CHEM 22000 Project : Identifying Exponential Data

Introduction and Data Sourcing

In this project, we will be analyzing Intel semiconductor chip data to identify exponential growth. The data is sourced from the UCI Machine Learning Repository and consists of measurements on Intel Pentium 4 processors. The dataset includes number of transistors(In thoudsands) of intel chips from 1970-2020.

To begin, we will import the necessary libraries and create dataset into R.

We first create a vector of years using the seq() function, with a start year of 1970, end year of 2020, and interval of 2 years. We then create a vector of the number of transistors.We will then combine these vectors into a data frame using the data.frame() function.

library(ggplot2)

# Define year vector
years <- 1971:2021

# Define number of transistors vector (hardcoded)
num_transistors <- c(2300, 3679, 5887, 9420, 15073, 24116,
38586, 61738, 98781, 158049, 252879, 404204,
647364, 1035779, 1657240, 2651575, 4242505, 6787983,
10860726, 17377110, 27803280, 44485080, 71175870, 113880998,
182208899, 291533169, 466451397, 746319492, 1194107404, 1910563651,
3056891953, 4891008543, 7825585866, 12520894791, 20033353956, 32053250014,
51285012120, 82055715943, 131288660244, 210061125545, 336096566806, 537752565647,
860400956685, 1376636962323, 2202610836613, 3524163595553, 5638642386098, 9021794978339,
14434819198858, 23095634360717, 36952867541236)

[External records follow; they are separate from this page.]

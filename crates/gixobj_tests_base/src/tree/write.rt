//! Written trees: rejected names, failing writers, and ids.

use super::tree_of;
use crate::helpers::holds;
use crate::limited::Limited;
use gixobj_base::encode::Error;
use gixobj_base::hash::{Kind, ObjectId};
use gixobj_base::tree::EntryKind;
use gixobj_base::{Tree, WriteTo};

/// Three entries of the empty blob's id. The second and the third name have a zero byte.
const WITH_A_ZERO_BYTE: &[(EntryKind, &[u8], bool)] = &[
    (EntryKind::Blob, b"a", true),
    (EntryKind::Link, b"b\0c", true),
    (EntryKind::Blob, b"d\0", true),
];

/// Writes the entry before a rejected name, and its own mode and space.
#[test]
fn rejects_name_with_zero_byte(rt: HostRuntime) {
    let alloc = rt.alloc();
    let tree = tree_of(alloc, WITH_A_ZERO_BYTE);
    let mut out = Vec::new(alloc);
    assert!(rt; out.extend_from_slice(b"before").is_ok());
    let outcome = tree.write_to(alloc, &mut out);
    assert!(rt;
        holds!(&outcome, Err(Error::NullbyteInFilename { name }) => name.as_slice() == b"b\0c".as_slice())
    );
    assert!(rt; out.len() == 6 + 29 + 7);
    assert!(rt; out.starts_with(b"before100644 a\0"));
    assert!(rt; out.ends_with(b"120000 "));
    assert!(rt; tree.size() == Some(29 + 31 + 30));
}

/// Entries of each kind, in the order of a tree.
const OF_EACH_KIND: &[(EntryKind, &[u8], bool)] = &[
    (EntryKind::Blob, b"docs.txt", true),
    (EntryKind::Tree, b"docs", true),
    (EntryKind::Blob, b"hello.txt", true),
    (EntryKind::Link, b"link", true),
    (EntryKind::Commit, b"module", true),
    (EntryKind::BlobExecutable, b"run.sh", true),
];

#[test]
fn returns_writer_error_after_each_prefix(rt: HostRuntime) {
    let alloc = rt.alloc();
    let tree = tree_of(alloc, OF_EACH_KIND);
    let mut bytes = Vec::new(alloc);
    assert!(rt; tree.write_to_vec(alloc, &mut bytes).is_ok());
    assert!(rt; bytes.len() == 36 + 31 + 37 + 32 + 34 + 34);
    for room in 0..bytes.len() {
        let held = Vec::new(alloc);
        let mut writer = Limited { held, room };
        let outcome = tree.write_to(alloc, &mut writer);
        assert!(rt; writer.stopped_at(&outcome, &bytes, room), "{room}");
    }
}

/// The ids that `git mktree` prints for no entries.
const EMPTY_TREES: &[(Kind, &[u8])] = &[
    (Kind::Sha1, b"4b825dc642cb6eb9a060e54bf8d69288fbee4904"),
    (
        Kind::Sha256,
        b"6ef19b41225c5369f1c104d45d8d85efa9b057b53b14b4b9b939dd74decc5321",
    ),
];

#[test]
fn computes_ids_of_empty_tree(rt: HostRuntime) {
    let tree = Tree::empty(rt.alloc());
    for &(kind, hex) in EMPTY_TREES {
        assert!(rt;
            tree.compute_id(rt.alloc(), kind).ok() == ObjectId::from_hex(hex),
            "{kind:?}"
        );
    }
}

# Combine year and number of transistors into a data frame
df <- data.frame(years, num_transistors)

Data Exploration & Visualization

Now we will plot the data using the plot() function, with the year vector on the x-axis and the number of transistors vector on the y-axis. The type = “l” argument specifies that we want a line plot, and we also add x- and y-axis labels using the xlab and ylab arguments.

# Plot data with appropriate labels
plot(years, num_transistors, type = "l", xlab = "Year", ylab = "Number of Transistors (Thousands)")

Finding the K Value and Half Life:

We will now calculate the k_fit or the k value of the dataset.The dataset fits a linear model to the logarithm of the data using the lm() function and extracts the value of k from the model coefficients. This value of k is an estimate of the growth rate of the dataset.

# Fit exponential model to the data
lm_fit <- lm(log(num_transistors) ~ years)
k_fit <- coef(lm_fit)[[2]]
k_fit

## [1] 0.4700025

We can see that the k value is 0.47. We can use it to find the half life.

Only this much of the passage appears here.